Contaminants such as petroleum sulfonates, anticorrosion amines, and silicone oils are removed from a contaminated feedstock stream by contacting said feedstock stream with an adsorbent comprising bauxite. In a further aspect, a thus purified petroleum feedstock stream is hydrodesulfurized.

Description

This application is a division of application Ser. No. 080,600, filed Oct. 1, 1979, now U.S. Pat. No. 4,269,694.
The invention relates to removing contaminants from a feedstock stream. In one of its aspects, the invention relates to removing contaminants from a feedstock stream to a hydrodesulfurization process. In another of its aspects the invention relates to contacting hydrocarbons containing contaminants with an adsorbent comprising bauxite.
A problem encountered in processing a feedstock stream such as for example, petroleum liquids received in a processing center, such as a refinery, from field production is the removal of materials which can foul equipment or otherwise interfere with subsequent handling and conversion steps such as catalytic conversions. Procedures to remove such materials as water, sediments, and entrained solids are well known.

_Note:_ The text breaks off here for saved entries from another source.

use crate::types::{Name, TypeUse};
use wy_text::fault::Place;
use wy_text::text::Text;

/// The operators that stand between two operands, from the loosest level to the tightest
/// (docs/LANGUAGE.md, "Grammar").
#[derive(Clone, Copy, PartialEq, Eq)]
pub enum Operator {
    Or,
    And,
    Equal,
    NotEqual,
    Less,
    LessEqual,
    Greater,
    GreaterEqual,
    Plus,
    Minus,
    Join,
    Times,
    Divide,
    Remainder,
}

/// An expression. Each has its mark (docs/LANGUAGE.md, "Marks"): the place of an operator's symbol, of
/// a call's method name (which is the `Name`'s), and of the first token of every other form.
/// Parentheses without a type are no form of their own.
#[derive(Drop)]
pub enum Expr {
    /// A number, with its sign: `-` directly before a number belongs to it.
    Number(i64, Place),
    Text(Text, Place),
    True(Place),
    False(Place),
    This(Place),
    Name(Name),
    /// `()`.
    Unit(Place),
    /// `-` before an expression.
    Negate(Box<Expr>, Place),
    /// `!` before an expression.
    Not(Box<Expr>, Place),
    Binary(Operator, Box<Expr>, Box<Expr>, Place),
    /// The receiver, the method's name and the arguments.
    Call(Box<Expr>, Name, Vec<Expr>),
    TextSize(Box<Expr>, Place),
    TextPart(Box<Expr>, Box<Expr>, Box<Expr>, Place),
    TextCode(Box<Expr>, Box<Expr>, Place),
    TextByte(Box<Expr>, Place),
    TextShow(Box<Expr>, Place),
    /// `(e : T)`.
    Ascribe(Box<Expr>, TypeUse, Place),
    /// `if c then a else b`, the one form that stands only where an argument may.
    Choice(Box<Expr>, Box<Expr>, Box<Expr>, Place),
}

Recently, however, the increased utilization of petroleum steams from enhanced oil recovery operations or tertiary recovery operations has given rise to additional problems of this nature resulting from the presence of chemicals used in such recovery procedures which persist in feedstock streams derived from the thus-recovered oil. As used herein, the term "feedstock stream contaminants" will be used to designate materials which can come out of solution, for example, heat exchanger surfaces, and onto the surfaces of solid particles, for example, catalysts. The feedstock stream contaminants can include, for example, enhanced oil recovery chemicals, for example, surfactants such as petroleum sulfonates, corrosion inhibitors such as amines, and antifoam agents such as silicone oil and the like which are added to counteract the foaming tendency created by surfactants and/or corrosion inhibitors. However, the term "feedstock stream contaminants" as thus defined is not limited to such contaminants which have as their ultimate source the fact that the chemicals were added in the course of enhanced oil recovery operations. Rather, the term "feedstock stream contaminants" refers to deposit forming contaminants in feedstock streams without regard to the manner in which the chemicals came to be present in the feedstock.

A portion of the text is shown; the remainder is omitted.